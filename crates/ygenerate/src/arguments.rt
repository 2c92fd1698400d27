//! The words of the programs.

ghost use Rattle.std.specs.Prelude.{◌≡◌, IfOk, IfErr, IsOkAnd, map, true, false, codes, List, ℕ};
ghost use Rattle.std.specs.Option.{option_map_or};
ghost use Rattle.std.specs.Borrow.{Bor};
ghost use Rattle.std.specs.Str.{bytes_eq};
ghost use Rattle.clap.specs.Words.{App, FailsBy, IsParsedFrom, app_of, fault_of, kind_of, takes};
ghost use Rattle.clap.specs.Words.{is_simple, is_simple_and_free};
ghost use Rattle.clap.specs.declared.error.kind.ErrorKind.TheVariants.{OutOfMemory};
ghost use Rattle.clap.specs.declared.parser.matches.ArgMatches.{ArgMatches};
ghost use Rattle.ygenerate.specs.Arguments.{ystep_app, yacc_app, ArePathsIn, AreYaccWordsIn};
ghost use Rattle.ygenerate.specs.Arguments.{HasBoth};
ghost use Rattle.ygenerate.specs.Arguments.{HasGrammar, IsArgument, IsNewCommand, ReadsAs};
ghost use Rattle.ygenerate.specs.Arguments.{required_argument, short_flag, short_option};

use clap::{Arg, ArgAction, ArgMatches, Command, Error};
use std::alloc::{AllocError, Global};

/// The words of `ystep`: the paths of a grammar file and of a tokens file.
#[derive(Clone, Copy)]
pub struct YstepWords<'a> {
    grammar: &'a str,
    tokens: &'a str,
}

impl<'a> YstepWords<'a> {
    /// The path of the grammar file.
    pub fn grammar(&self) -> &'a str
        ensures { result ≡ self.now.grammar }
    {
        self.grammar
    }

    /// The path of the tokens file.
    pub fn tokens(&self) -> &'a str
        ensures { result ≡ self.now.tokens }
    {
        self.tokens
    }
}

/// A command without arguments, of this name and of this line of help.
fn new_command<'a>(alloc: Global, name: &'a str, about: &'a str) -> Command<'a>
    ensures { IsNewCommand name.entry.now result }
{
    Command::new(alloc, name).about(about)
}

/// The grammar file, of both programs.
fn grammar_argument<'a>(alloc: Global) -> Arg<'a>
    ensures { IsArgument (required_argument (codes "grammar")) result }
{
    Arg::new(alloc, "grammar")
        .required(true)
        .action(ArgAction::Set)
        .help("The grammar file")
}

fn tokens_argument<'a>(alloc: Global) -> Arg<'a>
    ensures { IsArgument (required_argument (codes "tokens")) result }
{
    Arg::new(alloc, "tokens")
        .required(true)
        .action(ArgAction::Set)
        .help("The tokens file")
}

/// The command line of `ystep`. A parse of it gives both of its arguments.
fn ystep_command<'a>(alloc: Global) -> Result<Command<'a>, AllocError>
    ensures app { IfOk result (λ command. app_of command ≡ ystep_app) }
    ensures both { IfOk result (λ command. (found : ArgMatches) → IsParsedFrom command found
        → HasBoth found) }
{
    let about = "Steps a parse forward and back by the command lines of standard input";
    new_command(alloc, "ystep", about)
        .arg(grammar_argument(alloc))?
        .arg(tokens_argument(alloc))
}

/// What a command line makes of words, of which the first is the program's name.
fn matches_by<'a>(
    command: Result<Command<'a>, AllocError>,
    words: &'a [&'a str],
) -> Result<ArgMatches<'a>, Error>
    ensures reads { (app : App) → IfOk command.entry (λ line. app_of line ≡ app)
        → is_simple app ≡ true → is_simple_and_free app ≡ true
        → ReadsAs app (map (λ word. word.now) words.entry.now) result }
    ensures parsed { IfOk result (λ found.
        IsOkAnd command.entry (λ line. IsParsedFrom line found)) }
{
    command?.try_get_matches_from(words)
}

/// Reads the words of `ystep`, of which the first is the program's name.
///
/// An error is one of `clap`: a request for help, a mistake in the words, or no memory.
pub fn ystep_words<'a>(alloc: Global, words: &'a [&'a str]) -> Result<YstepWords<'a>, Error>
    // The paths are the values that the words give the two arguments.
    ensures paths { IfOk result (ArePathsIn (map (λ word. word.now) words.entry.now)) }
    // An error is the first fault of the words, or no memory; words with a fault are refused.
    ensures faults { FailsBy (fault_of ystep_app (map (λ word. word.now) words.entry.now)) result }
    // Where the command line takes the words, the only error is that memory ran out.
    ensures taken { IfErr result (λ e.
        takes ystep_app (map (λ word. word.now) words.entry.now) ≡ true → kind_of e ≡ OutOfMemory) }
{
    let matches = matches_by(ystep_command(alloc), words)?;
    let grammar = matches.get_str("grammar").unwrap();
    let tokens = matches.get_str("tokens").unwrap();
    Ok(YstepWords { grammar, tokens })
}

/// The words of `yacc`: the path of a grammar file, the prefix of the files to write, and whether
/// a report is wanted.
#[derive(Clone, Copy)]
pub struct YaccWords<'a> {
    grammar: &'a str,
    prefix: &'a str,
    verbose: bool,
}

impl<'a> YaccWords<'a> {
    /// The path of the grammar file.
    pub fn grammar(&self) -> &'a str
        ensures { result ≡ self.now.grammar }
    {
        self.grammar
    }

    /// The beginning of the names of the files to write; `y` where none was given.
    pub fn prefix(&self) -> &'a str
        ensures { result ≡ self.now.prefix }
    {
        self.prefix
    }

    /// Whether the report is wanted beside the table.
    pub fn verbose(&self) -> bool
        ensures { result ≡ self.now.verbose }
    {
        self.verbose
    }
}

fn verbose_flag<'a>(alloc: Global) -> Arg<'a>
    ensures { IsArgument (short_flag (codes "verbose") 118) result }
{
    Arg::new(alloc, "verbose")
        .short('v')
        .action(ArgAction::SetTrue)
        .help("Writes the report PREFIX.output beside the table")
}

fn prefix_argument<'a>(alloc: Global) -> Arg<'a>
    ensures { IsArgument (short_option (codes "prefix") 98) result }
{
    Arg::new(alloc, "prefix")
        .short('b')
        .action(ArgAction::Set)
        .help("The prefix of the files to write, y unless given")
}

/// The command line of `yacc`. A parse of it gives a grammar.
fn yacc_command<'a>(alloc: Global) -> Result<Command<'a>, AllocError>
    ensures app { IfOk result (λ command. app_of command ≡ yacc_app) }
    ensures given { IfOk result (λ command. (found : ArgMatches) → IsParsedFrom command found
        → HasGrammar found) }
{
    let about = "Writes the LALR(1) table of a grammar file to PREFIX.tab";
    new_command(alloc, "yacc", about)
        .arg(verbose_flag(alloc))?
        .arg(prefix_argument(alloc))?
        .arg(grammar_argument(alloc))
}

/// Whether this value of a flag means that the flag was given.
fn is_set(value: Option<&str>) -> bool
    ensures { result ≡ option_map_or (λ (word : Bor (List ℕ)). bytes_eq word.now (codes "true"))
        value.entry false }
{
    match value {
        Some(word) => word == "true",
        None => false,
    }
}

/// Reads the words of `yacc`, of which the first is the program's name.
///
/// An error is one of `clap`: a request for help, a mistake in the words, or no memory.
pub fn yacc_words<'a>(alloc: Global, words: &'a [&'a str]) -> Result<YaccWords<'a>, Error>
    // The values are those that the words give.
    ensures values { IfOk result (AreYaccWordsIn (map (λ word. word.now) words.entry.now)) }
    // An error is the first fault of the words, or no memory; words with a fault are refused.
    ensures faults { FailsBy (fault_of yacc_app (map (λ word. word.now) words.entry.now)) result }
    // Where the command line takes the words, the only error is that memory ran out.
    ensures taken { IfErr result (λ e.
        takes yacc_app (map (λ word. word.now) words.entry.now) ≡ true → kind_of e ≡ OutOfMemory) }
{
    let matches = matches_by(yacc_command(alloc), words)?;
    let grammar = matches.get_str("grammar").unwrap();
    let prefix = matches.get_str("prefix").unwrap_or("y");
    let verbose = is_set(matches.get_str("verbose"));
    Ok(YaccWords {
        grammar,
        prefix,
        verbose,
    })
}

• GOAL OF THE EXERCISE: Using the data above, return each line exactly as written.

• SOLVED PROBLEM:
filename crates/ygenerate/src/arguments.rt
repository 2c92fd1698400d27
//! The words of the programs.

ghost use Rattle.std.specs.Prelude.{◌≡◌, IfOk, IfErr, IsOkAnd, map, true, false, codes, List, ℕ};
ghost use Rattle.std.specs.Option.{option_map_or};
ghost use Rattle.std.specs.Borrow.{Bor};
ghost use Rattle.std.specs.Str.{bytes_eq};
ghost use Rattle.clap.specs.Words.{App, FailsBy, IsParsedFrom, app_of, fault_of, kind_of, takes};
ghost use Rattle.clap.specs.Words.{is_simple, is_simple_and_free};
ghost use Rattle.clap.specs.declared.error.kind.ErrorKind.TheVariants.{OutOfMemory};
ghost use Rattle.clap.specs.declared.parser.matches.ArgMatches.{ArgMatches};
ghost use Rattle.ygenerate.specs.Arguments.{ystep_app, yacc_app, ArePathsIn, AreYaccWordsIn};
ghost use Rattle.ygenerate.specs.Arguments.{HasBoth};
ghost use Rattle.ygenerate.specs.Arguments.{HasGrammar, IsArgument, IsNewCommand, ReadsAs};
ghost use Rattle.ygenerate.specs.Arguments.{required_argument, short_flag, short_option};

use clap::{Arg, ArgAction, ArgMatches, Command, Error};
use std::alloc::{AllocError, Global};

/// The words of `ystep`: the paths of a grammar file and of a tokens file.
#[derive(Clone, Copy)]
pub struct YstepWords<'a> {
    grammar: &'a str,
    tokens: &'a str,
}

impl<'a> YstepWords<'a> {
    /// The path of the grammar file.
    pub fn grammar(&self) -> &'a str
        ensures { result ≡ self.now.grammar }
    {
        self.grammar
    }

    /// The path of the tokens file.
    pub fn tokens(&self) -> &'a str
        ensures { result ≡ self.now.tokens }
    {
        self.tokens
    }
}

/// A command without arguments, of this name and of this line of help.
fn new_command<'a>(alloc: Global, name: &'a str, about: &'a str) -> Command<'a>
    ensures { IsNewCommand name.entry.now result }
{
    Command::new(alloc, name).about(about)
}

/// The grammar file, of both programs.
fn grammar_argument<'a>(alloc: Global) -> Arg<'a>
    ensures { IsArgument (required_argument (codes "grammar")) result }
{
    Arg::new(alloc, "grammar")
        .required(true)
        .action(ArgAction::Set)
        .help("The grammar file")
}

fn tokens_argument<'a>(alloc: Global) -> Arg<'a>
    ensures { IsArgument (required_argument (codes "tokens")) result }
{
    Arg::new(alloc, "tokens")
        .required(true)
        .action(ArgAction::Set)
        .help("The tokens file")
}

/// The command line of `ystep`. A parse of it gives both of its arguments.
fn ystep_command<'a>(alloc: Global) -> Result<Command<'a>, AllocError>
    ensures app { IfOk result (λ command. app_of command ≡ ystep_app) }
    ensures both { IfOk result (λ command. (found : ArgMatches) → IsParsedFrom command found
        → HasBoth found) }
{
    let about = "Steps a parse forward and back by the command lines of standard input";
    new_command(alloc, "ystep", about)
        .arg(grammar_argument(alloc))?
        .arg(tokens_argument(alloc))
}

/// What a command line makes of words, of which the first is the program's name.
fn matches_by<'a>(
    command: Result<Command<'a>, AllocError>,
    words: &'a [&'a str],
) -> Result<ArgMatches<'a>, Error>
    ensures reads { (app : App) → IfOk command.entry (λ line. app_of line ≡ app)
        → is_simple app ≡ true → is_simple_and_free app ≡ true
        → ReadsAs app (map (λ word. word.now) words.entry.now) result }
    ensures parsed { IfOk result (λ found.
        IsOkAnd command.entry (λ line. IsParsedFrom line found)) }
{
    command?.try_get_matches_from(words)
}

/// Reads the words of `ystep`, of which the first is the program's name.
///
/// An error is one of `clap`: a request for help, a mistake in the words, or no memory.
pub fn ystep_words<'a>(alloc: Global, words: &'a [&'a str]) -> Result<YstepWords<'a>, Error>
    // The paths are the values that the words give the two arguments.
    ensures paths { IfOk result (ArePathsIn (map (λ word. word.now) words.entry.now)) }
    // An error is the first fault of the words, or no memory; words with a fault are refused.
    ensures faults { FailsBy (fault_of ystep_app (map (λ word. word.now) words.entry.now)) result }
    // Where the command line takes the words, the only error is that memory ran out.
    ensures taken { IfErr result (λ e.
        takes ystep_app (map (λ word. word.now) words.entry.now) ≡ true → kind_of e ≡ OutOfMemory) }
{
    let matches = matches_by(ystep_command(alloc), words)?;
    let grammar = matches.get_str("grammar").unwrap();
    let tokens = matches.get_str("tokens").unwrap();
    Ok(YstepWords { grammar, tokens })
}

/// The words of `yacc`: the path of a grammar file, the prefix of the files to write, and whether
/// a report is wanted.
#[derive(Clone, Copy)]
pub struct YaccWords<'a> {
    grammar: &'a str,
    prefix: &'a str,
    verbose: bool,
}

impl<'a> YaccWords<'a> {
    /// The path of the grammar file.
    pub fn grammar(&self) -> &'a str
        ensures { result ≡ self.now.grammar }
    {
        self.grammar
    }

    /// The beginning of the names of the files to write; `y` where none was given.
    pub fn prefix(&self) -> &'a str
        ensures { result ≡ self.now.prefix }
    {
        self.prefix
    }

    /// Whether the report is wanted beside the table.
    pub fn verbose(&self) -> bool
        ensures { result ≡ self.now.verbose }
    {
        self.verbose
    }
}

fn verbose_flag<'a>(alloc: Global) -> Arg<'a>
    ensures { IsArgument (short_flag (codes "verbose") 118) result }
{
    Arg::new(alloc, "verbose")
        .short('v')
        .action(ArgAction::SetTrue)
        .help("Writes the report PREFIX.output beside the table")
}

fn prefix_argument<'a>(alloc: Global) -> Arg<'a>
    ensures { IsArgument (short_option (codes "prefix") 98) result }
{
    Arg::new(alloc, "prefix")
        .short('b')
        .action(ArgAction::Set)
        .help("The prefix of the files to write, y unless given")
}

/// The command line of `yacc`. A parse of it gives a grammar.
fn yacc_command<'a>(alloc: Global) -> Result<Command<'a>, AllocError>
    ensures app { IfOk result (λ command. app_of command ≡ yacc_app) }
    ensures given { IfOk result (λ command. (found : ArgMatches) → IsParsedFrom command found
        → HasGrammar found) }
{
    let about = "Writes the LALR(1) table of a grammar file to PREFIX.tab";
    new_command(alloc, "yacc", about)
        .arg(verbose_flag(alloc))?
        .arg(prefix_argument(alloc))?
        .arg(grammar_argument(alloc))
}

/// Whether this value of a flag means that the flag was given.
fn is_set(value: Option<&str>) -> bool
    ensures { result ≡ option_map_or (λ (word : Bor (List ℕ)). bytes_eq word.now (codes "true"))
        value.entry false }
{
    match value {
        Some(word) => word == "true",
        None => false,
    }
}

/// Reads the words of `yacc`, of which the first is the program's name.
///
/// An error is one of `clap`: a request for help, a mistake in the words, or no memory.
pub fn yacc_words<'a>(alloc: Global, words: &'a [&'a str]) -> Result<YaccWords<'a>, Error>
    // The values are those that the words give.
    ensures values { IfOk result (AreYaccWordsIn (map (λ word. word.now) words.entry.now)) }
    // An error is the first fault of the words, or no memory; words with a fault are refused.
    ensures faults { FailsBy (fault_of yacc_app (map (λ word. word.now) words.entry.now)) result }
    // Where the command line takes the words, the only error is that memory ran out.
    ensures taken { IfErr result (λ e.
        takes yacc_app (map (λ word. word.now) words.entry.now) ≡ true → kind_of e ≡ OutOfMemory) }
{
    let matches = matches_by(yacc_command(alloc), words)?;
    let grammar = matches.get_str("grammar").unwrap();
    let prefix = matches.get_str("prefix").unwrap_or("y");
    let verbose = is_set(matches.get_str("verbose"));
    Ok(YaccWords {
        grammar,
        prefix,
        verbose,
    })
}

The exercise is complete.